# Aim of the exercise
Repeat verbatim, and only, the lines of the data below, beginning at the line that contains "(λ files. outcome.now" and stopping after the line that contains "match replay(alloc, desc, paths, answers)?".

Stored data
//! How many chains begin with each block: a figure whose better of two is not idempotent.

ghost use Rattle.std.specs.Prelude.{◌≡◌};
ghost use Rattle.chains_tests.specs.Counts.{CountedAtEach, count_laws, counts};

use chains::best::best_from_each;
use chains::figure::ChainFigure;
use chains::network::Network;

/// Each chain counts one, modulo 2^64.
#[derive(Clone, Copy, Debug, PartialEq, Eq)]
pub struct Count;

impl ChainFigure for Count {
    type Value = u64;

    ghost meaning = { λ f. counts };

    ghost laws = { λ f. count_laws };

    fn alone(&self, _block: u32) -> u64 {
        1
    }

    fn extend(&self, _from: u32, _to: u32, v: u64) -> u64 {
        v
    }

    fn better(&self, a: u64, b: u64) -> u64 {
        a.wrapping_add(b)
    }
}

/// For each block of the order, how many chains begin with it, modulo 2^64. Every other entry stays as it was.
#[tactic(auto, using(crate::proofs::Counting::counted_at_each))]
pub fn count_chains(network: &Network, count: &mut [u64; 257])
    ensures { CountedAtEach network.now.messages.now network.now.order.now count.old count.new }
{
    best_from_each(&Count, network, count);
}
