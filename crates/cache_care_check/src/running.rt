//! The run of an entry on its stored answers.
ghost use Rattle.std.specs.Prelude.{◌≡◌, IfOk, MatchOption, length};
ghost use Rattle.bx_tree.specs.Trees.{Files};
ghost use Rattle.cache_care_check.specs.Judging.{MakesJust};

use observed::{Answer, PathSet};
use pip_model_types::{Desc, Made};
use run_record::{Outcome, replay};
use std::alloc::{AllocError, Global};

// The files of a success, shared.
fn made_by(outcome: &Outcome) -> Result<Option<Made>, AllocError>
    ensures { IfOk result (λ made. MatchOption made
        ((files : Files) → outcome.now ≡ Outcome.Good files → ⊥)
        (λ files. outcome.now ≡ Outcome.Good files)) }
{
    match outcome {
        Outcome::Good(made) => Ok(Some(made.share()?)),
        Outcome::Failed(_) => Ok(None),
    }
}

/// The files that a process makes over stored answers, if its run asks just this path set and succeeds.
pub(crate) fn files_of_run(
    alloc: Global,
    desc: Desc,
    paths: &PathSet,
    answers: Vec<Answer>,
) -> Result<Option<Made>, AllocError>
    requires { length answers.items ≡ length paths.now }
    ensures { IfOk result (MakesJust desc paths.now answers.items) }
{
    match replay(alloc, desc, paths, answers)? {
        Some(ran) => made_by(ran.outcome()),
        None => Ok(None),
    }
}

# Written solution
        (λ files. outcome.now ≡ Outcome.Good files)) }
{
    match outcome {
        Outcome::Good(made) => Ok(Some(made.share()?)),
        Outcome::Failed(_) => Ok(None),
    }
}

/// The files that a process makes over stored answers, if its run asks just this path set and succeeds.
pub(crate) fn files_of_run(
    alloc: Global,
    desc: Desc,
    paths: &PathSet,
    answers: Vec<Answer>,
) -> Result<Option<Made>, AllocError>
    requires { length answers.items ≡ length paths.now }
    ensures { IfOk result (MakesJust desc paths.now answers.items) }
{
    match replay(alloc, desc, paths, answers)? {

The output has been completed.